**Work item**.
Please copy each line of the records below that includes the word "usize".

►

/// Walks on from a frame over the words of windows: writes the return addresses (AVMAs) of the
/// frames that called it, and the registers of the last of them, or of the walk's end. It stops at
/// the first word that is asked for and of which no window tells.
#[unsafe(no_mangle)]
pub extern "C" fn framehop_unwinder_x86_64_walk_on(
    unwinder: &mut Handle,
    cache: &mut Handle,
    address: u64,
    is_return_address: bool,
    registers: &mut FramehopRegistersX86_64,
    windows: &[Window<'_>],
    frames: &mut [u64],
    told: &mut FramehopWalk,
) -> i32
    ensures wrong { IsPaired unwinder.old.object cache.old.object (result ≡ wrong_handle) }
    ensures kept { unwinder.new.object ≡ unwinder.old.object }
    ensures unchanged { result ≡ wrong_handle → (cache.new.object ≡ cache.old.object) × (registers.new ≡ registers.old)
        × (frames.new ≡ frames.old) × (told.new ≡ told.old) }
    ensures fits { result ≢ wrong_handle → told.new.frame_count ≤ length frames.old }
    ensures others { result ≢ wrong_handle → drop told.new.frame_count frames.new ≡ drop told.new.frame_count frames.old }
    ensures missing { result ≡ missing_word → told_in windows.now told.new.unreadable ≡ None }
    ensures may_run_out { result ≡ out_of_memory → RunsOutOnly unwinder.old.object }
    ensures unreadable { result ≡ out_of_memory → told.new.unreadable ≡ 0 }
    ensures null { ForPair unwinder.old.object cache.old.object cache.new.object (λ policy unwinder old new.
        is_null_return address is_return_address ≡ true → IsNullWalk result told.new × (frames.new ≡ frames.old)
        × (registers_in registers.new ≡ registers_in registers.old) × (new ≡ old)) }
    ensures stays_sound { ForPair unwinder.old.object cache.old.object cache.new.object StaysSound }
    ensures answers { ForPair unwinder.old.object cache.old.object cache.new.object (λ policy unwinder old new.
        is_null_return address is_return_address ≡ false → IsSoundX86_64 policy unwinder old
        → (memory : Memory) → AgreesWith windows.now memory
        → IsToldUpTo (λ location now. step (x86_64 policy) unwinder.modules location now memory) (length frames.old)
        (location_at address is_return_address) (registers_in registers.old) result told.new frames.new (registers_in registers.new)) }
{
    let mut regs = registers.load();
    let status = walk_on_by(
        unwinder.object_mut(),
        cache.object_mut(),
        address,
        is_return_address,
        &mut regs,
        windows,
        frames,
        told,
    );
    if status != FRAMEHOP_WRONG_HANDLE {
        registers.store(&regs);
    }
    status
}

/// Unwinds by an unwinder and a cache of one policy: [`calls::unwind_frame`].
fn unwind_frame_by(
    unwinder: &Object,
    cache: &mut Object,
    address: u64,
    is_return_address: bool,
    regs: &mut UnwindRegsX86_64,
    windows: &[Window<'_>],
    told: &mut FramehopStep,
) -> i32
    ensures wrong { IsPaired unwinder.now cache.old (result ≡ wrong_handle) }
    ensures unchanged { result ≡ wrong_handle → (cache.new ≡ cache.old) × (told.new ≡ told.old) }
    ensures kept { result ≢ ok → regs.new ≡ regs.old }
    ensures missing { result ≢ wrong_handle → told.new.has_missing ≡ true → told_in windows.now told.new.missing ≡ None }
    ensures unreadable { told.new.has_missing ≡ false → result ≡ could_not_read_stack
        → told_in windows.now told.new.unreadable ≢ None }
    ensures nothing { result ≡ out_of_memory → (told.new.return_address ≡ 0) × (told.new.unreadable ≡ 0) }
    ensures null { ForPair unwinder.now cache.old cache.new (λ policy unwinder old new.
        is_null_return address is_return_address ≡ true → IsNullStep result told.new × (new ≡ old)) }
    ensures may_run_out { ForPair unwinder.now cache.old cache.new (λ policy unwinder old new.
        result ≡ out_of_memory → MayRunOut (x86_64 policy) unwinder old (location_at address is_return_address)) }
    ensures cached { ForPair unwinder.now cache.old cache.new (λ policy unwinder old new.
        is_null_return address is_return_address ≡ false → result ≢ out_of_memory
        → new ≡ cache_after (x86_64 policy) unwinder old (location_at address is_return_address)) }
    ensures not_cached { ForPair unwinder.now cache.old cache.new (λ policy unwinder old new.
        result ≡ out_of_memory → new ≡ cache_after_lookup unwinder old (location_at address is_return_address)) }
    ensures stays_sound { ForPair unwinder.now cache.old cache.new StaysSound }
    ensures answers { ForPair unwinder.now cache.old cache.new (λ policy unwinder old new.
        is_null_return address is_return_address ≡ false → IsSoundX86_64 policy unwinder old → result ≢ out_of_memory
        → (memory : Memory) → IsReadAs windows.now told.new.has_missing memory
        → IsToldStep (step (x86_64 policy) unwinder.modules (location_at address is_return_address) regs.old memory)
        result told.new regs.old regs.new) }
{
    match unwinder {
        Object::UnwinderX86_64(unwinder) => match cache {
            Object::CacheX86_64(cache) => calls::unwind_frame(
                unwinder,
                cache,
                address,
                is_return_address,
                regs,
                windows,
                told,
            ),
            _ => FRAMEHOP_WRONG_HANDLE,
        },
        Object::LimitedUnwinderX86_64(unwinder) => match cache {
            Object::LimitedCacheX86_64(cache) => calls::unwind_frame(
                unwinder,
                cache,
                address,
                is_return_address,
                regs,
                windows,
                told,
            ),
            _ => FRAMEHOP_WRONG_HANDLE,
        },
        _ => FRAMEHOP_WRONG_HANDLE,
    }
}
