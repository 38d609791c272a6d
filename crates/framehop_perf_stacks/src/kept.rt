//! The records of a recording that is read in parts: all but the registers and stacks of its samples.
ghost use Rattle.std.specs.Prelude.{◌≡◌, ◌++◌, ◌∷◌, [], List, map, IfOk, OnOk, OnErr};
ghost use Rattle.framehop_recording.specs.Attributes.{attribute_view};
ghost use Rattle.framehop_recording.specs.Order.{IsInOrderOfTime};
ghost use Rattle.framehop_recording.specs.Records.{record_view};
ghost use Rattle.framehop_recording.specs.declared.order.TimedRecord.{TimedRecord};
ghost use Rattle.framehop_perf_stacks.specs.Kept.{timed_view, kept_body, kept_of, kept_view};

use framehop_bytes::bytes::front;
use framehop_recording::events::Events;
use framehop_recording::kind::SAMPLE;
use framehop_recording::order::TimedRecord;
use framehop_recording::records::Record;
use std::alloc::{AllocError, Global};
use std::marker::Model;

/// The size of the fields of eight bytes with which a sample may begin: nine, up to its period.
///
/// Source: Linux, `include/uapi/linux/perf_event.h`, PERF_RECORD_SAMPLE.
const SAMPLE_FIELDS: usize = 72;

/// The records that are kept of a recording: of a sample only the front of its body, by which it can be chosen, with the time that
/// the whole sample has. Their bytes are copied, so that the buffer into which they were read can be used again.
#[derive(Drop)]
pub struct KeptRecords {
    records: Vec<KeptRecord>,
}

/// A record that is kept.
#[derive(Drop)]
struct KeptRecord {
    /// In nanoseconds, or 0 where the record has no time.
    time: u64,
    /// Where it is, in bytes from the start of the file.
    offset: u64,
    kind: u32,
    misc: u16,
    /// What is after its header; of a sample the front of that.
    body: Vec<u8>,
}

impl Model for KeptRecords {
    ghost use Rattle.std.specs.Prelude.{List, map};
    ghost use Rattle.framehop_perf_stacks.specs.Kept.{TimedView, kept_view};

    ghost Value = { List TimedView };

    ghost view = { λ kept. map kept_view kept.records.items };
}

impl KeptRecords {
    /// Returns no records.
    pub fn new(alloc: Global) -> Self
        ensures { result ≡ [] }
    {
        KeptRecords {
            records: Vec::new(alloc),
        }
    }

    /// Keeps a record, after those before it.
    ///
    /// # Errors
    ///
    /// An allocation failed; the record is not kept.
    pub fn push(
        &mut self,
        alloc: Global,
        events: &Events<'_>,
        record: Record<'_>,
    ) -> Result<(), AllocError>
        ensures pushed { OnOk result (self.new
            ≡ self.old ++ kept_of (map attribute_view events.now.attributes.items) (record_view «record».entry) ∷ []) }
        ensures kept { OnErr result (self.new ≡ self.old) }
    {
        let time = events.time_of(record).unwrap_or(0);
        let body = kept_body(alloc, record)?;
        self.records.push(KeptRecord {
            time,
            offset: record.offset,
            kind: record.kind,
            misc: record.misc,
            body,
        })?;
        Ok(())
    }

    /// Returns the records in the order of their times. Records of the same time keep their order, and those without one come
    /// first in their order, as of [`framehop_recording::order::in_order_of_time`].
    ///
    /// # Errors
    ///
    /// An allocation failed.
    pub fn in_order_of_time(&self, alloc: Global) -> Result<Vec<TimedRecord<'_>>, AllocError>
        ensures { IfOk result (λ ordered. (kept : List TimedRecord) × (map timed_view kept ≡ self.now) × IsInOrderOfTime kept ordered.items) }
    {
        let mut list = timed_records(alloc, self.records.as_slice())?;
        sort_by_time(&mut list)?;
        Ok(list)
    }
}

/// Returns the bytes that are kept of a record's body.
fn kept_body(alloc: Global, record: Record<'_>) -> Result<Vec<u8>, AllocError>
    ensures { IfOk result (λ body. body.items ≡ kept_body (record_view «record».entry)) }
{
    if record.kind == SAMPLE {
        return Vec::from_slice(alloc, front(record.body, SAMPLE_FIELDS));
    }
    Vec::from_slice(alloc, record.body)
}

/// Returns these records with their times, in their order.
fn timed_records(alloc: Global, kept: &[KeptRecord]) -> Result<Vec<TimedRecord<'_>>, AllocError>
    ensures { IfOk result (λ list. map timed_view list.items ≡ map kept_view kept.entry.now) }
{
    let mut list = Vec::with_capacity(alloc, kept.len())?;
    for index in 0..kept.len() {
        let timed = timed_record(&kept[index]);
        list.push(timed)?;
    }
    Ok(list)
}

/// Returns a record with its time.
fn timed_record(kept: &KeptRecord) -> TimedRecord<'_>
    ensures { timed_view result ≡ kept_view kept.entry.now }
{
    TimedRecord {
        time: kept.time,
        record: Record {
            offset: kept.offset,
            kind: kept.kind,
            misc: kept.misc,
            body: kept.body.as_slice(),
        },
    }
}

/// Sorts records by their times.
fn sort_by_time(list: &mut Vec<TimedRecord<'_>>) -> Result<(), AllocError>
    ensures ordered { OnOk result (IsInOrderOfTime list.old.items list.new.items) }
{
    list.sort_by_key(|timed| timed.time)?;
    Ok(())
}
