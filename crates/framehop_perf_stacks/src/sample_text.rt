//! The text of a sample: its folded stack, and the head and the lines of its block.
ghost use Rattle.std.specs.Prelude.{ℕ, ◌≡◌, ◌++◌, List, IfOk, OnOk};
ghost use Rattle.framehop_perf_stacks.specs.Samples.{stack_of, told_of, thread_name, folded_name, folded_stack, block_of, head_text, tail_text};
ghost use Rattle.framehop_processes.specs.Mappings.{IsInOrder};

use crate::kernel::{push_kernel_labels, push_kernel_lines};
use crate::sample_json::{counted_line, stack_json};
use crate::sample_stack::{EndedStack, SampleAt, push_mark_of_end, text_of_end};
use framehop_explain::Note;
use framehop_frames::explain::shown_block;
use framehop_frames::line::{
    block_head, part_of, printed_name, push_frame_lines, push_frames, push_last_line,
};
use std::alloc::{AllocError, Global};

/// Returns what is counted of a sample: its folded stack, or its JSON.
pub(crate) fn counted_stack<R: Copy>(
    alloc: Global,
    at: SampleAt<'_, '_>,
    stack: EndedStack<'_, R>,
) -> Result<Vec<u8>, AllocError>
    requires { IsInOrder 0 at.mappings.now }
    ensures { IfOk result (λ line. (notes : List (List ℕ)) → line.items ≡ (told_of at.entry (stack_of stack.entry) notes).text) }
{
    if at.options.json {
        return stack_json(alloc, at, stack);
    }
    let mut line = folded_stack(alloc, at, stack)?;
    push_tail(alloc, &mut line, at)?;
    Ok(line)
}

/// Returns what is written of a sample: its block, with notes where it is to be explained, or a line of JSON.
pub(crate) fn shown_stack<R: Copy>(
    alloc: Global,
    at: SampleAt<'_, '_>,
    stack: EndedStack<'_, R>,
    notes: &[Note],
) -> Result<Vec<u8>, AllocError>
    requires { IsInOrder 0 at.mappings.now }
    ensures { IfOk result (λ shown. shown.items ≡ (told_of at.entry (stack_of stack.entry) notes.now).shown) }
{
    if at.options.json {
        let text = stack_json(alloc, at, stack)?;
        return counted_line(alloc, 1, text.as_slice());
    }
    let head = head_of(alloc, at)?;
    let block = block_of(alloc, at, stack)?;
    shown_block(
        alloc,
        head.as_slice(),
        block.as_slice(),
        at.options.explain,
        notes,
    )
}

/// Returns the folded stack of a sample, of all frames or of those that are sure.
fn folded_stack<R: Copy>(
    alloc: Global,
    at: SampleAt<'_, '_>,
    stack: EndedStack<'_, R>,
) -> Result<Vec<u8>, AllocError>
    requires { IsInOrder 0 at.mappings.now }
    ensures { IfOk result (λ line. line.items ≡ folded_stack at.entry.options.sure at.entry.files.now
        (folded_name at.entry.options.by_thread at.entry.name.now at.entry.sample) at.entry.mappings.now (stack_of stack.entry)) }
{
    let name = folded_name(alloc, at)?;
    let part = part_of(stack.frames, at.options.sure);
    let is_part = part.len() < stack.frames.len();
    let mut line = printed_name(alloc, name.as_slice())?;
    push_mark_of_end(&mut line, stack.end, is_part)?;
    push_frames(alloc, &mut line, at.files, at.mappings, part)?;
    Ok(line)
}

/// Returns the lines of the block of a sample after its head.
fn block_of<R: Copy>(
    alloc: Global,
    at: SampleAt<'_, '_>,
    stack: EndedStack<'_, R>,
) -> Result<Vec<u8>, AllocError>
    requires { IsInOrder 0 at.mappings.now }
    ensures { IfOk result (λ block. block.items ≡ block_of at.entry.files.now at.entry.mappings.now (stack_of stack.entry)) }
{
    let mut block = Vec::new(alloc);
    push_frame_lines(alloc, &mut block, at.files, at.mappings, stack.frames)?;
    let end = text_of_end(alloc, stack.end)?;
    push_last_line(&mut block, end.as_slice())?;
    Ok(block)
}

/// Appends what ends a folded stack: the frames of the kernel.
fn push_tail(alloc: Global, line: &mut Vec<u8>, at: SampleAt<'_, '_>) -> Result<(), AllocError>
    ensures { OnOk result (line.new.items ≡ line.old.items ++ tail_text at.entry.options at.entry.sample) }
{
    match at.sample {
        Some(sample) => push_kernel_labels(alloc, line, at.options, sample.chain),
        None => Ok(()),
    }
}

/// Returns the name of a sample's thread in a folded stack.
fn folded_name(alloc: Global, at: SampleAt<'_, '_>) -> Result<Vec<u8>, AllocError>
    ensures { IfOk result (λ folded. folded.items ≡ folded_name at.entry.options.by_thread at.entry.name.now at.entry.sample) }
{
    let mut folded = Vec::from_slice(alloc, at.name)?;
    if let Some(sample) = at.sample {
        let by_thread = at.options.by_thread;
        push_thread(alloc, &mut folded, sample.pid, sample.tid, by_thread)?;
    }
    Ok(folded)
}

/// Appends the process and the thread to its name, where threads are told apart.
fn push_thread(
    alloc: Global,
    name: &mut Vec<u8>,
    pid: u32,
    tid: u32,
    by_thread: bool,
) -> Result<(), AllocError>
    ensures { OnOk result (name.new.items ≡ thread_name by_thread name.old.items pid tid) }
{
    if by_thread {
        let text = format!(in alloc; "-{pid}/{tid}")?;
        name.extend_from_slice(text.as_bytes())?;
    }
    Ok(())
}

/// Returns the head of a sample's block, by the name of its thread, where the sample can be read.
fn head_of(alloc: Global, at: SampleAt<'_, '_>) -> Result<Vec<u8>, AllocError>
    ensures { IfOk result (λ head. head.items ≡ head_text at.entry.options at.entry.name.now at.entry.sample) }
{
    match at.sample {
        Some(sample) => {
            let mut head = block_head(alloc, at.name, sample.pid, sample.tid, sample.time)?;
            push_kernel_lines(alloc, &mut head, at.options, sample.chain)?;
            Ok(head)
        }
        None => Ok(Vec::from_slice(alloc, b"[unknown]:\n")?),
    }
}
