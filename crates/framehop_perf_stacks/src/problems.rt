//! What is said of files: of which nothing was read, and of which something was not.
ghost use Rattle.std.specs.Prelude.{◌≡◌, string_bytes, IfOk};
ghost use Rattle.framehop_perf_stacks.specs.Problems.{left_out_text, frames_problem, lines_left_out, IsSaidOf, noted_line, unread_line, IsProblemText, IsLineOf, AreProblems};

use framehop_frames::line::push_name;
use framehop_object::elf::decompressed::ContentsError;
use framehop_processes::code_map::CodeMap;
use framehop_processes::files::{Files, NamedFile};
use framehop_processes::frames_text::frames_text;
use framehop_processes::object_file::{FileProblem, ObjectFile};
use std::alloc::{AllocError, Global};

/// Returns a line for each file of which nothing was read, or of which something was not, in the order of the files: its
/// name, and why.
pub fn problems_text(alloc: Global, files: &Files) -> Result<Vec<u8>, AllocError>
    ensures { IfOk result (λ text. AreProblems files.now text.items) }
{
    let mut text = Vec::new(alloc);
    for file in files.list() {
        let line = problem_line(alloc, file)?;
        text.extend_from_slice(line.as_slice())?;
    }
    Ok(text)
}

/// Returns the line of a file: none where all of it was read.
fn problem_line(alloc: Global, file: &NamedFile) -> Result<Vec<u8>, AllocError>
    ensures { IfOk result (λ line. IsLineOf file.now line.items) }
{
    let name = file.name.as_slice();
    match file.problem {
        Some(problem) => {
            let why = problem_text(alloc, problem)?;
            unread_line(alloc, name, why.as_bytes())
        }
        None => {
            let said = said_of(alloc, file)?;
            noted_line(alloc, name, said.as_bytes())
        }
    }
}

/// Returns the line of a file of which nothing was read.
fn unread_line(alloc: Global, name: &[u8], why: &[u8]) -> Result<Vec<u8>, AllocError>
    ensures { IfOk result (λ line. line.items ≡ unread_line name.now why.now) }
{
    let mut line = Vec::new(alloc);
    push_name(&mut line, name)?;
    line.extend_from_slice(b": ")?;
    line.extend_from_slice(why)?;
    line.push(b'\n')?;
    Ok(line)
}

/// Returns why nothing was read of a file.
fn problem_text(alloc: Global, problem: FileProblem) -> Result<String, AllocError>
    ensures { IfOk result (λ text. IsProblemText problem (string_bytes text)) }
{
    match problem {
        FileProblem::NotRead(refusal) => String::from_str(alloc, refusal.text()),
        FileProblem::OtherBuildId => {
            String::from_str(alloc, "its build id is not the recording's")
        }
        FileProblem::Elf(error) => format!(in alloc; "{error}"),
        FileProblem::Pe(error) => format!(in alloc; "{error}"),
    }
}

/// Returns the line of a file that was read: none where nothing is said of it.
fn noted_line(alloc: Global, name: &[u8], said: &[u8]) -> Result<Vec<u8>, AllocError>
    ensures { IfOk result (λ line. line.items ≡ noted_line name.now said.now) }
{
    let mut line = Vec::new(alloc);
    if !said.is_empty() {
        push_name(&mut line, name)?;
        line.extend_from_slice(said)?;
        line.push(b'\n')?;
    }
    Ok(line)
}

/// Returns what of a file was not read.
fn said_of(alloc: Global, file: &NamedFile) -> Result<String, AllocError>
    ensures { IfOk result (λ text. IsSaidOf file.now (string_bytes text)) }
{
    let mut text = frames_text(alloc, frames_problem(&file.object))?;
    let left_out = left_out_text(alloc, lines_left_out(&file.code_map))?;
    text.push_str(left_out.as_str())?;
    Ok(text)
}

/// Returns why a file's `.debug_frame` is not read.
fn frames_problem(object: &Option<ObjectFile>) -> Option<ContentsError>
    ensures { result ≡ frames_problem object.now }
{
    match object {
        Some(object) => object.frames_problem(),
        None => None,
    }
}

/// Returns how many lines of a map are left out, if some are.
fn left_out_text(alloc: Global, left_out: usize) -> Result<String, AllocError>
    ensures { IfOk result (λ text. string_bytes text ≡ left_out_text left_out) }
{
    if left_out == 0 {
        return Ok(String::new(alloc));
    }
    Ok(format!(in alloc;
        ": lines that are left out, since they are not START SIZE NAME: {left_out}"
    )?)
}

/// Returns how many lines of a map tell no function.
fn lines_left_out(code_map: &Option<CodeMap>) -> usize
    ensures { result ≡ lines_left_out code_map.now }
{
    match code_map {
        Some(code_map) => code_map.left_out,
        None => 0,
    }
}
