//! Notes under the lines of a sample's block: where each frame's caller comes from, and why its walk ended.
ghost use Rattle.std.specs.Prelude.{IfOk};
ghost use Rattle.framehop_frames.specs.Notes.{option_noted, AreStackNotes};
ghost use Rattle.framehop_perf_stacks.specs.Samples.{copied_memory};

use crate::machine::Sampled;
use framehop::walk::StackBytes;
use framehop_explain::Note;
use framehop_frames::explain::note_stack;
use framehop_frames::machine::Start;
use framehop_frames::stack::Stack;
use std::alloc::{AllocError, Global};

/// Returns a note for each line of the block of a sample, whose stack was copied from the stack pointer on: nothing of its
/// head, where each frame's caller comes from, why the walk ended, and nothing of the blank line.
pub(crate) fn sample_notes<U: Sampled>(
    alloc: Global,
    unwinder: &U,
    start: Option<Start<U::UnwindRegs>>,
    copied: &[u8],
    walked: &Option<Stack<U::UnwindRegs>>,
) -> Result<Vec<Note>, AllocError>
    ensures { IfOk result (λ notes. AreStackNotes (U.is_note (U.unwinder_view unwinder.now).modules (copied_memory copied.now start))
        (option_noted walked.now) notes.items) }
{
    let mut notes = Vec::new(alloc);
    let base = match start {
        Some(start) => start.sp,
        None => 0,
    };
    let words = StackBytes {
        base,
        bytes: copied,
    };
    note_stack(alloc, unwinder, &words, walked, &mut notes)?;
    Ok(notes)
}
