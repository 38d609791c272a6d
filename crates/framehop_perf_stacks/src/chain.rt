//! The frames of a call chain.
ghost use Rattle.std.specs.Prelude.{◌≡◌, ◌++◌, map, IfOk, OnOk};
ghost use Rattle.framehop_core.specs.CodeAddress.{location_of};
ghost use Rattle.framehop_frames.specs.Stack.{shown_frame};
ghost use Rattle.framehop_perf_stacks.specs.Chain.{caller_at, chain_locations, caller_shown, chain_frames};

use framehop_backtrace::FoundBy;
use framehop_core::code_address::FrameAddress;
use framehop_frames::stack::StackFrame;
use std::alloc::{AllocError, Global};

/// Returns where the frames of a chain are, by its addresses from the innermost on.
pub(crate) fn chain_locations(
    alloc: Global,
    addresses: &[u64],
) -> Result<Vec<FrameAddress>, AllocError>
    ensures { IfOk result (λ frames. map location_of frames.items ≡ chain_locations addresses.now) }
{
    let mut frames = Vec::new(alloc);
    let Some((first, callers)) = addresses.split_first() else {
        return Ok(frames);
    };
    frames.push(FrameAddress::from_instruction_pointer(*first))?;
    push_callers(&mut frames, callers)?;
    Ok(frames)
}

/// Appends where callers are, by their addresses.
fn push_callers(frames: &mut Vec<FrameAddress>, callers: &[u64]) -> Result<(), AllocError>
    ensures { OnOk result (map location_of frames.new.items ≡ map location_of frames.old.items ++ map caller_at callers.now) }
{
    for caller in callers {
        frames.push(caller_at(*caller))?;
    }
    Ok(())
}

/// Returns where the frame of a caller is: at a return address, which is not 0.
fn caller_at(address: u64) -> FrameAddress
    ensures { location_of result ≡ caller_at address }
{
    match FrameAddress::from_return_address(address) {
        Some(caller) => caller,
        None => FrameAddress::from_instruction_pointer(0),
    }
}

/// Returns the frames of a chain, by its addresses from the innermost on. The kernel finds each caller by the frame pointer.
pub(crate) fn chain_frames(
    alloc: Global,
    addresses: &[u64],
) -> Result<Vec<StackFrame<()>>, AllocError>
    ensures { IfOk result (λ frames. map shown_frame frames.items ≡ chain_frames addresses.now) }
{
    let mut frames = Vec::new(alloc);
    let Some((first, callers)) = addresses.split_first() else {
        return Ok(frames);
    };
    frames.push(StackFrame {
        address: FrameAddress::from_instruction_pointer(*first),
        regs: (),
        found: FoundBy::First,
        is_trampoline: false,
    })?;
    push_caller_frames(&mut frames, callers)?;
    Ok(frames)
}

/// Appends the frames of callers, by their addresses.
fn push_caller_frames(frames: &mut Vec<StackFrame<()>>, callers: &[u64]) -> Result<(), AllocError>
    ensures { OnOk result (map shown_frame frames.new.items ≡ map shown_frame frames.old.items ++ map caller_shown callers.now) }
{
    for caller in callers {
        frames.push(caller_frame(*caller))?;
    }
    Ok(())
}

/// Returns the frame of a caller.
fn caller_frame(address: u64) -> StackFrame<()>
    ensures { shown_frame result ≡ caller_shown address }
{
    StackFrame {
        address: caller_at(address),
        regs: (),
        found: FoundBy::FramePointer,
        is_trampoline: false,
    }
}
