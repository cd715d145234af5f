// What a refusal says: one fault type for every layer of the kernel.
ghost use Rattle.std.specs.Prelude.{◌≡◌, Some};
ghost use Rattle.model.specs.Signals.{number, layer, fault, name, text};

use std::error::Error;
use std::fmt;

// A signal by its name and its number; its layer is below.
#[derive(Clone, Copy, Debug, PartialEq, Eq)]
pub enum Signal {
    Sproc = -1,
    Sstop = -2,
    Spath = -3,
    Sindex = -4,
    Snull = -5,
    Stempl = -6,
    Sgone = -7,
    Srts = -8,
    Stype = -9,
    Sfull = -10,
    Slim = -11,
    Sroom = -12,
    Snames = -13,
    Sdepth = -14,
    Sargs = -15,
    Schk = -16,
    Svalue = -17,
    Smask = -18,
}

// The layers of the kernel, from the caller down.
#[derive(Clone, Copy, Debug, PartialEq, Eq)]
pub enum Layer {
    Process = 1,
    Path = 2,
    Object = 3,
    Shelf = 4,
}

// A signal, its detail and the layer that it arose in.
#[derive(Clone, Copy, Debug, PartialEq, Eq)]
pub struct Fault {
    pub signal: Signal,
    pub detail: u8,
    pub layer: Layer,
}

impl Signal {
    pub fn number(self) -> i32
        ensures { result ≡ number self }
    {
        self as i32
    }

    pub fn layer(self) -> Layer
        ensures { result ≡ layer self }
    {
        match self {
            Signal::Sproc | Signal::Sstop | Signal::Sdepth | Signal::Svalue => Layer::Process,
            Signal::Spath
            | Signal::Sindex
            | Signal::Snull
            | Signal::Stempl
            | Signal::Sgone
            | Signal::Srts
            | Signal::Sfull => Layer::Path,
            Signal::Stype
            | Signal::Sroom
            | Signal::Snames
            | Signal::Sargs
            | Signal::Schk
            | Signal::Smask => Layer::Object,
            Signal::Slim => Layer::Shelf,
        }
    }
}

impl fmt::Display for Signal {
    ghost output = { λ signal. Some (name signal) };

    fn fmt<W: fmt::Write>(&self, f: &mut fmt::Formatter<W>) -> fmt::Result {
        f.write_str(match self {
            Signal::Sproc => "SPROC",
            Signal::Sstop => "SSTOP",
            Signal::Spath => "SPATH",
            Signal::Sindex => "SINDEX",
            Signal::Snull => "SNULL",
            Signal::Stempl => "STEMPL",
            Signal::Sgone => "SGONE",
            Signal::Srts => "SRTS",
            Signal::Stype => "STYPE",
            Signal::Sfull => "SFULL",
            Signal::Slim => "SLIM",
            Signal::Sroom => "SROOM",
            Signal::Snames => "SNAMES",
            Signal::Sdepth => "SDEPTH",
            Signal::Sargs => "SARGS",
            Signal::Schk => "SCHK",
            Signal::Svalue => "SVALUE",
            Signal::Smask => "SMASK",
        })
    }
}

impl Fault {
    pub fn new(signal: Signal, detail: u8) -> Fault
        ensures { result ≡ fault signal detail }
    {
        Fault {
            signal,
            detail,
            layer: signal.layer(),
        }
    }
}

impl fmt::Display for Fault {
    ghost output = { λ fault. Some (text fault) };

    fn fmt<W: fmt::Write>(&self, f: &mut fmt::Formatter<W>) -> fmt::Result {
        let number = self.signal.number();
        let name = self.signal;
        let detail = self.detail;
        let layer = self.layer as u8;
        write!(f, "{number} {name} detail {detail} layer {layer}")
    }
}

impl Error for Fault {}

◄

**Written answer**.
const SAMPLE_FIELDS: usize = 72;
fn left_out_text(alloc: Global, left_out: usize) -> Result<String, AllocError>
fn lines_left_out(code_map: &Option<CodeMap>) -> usize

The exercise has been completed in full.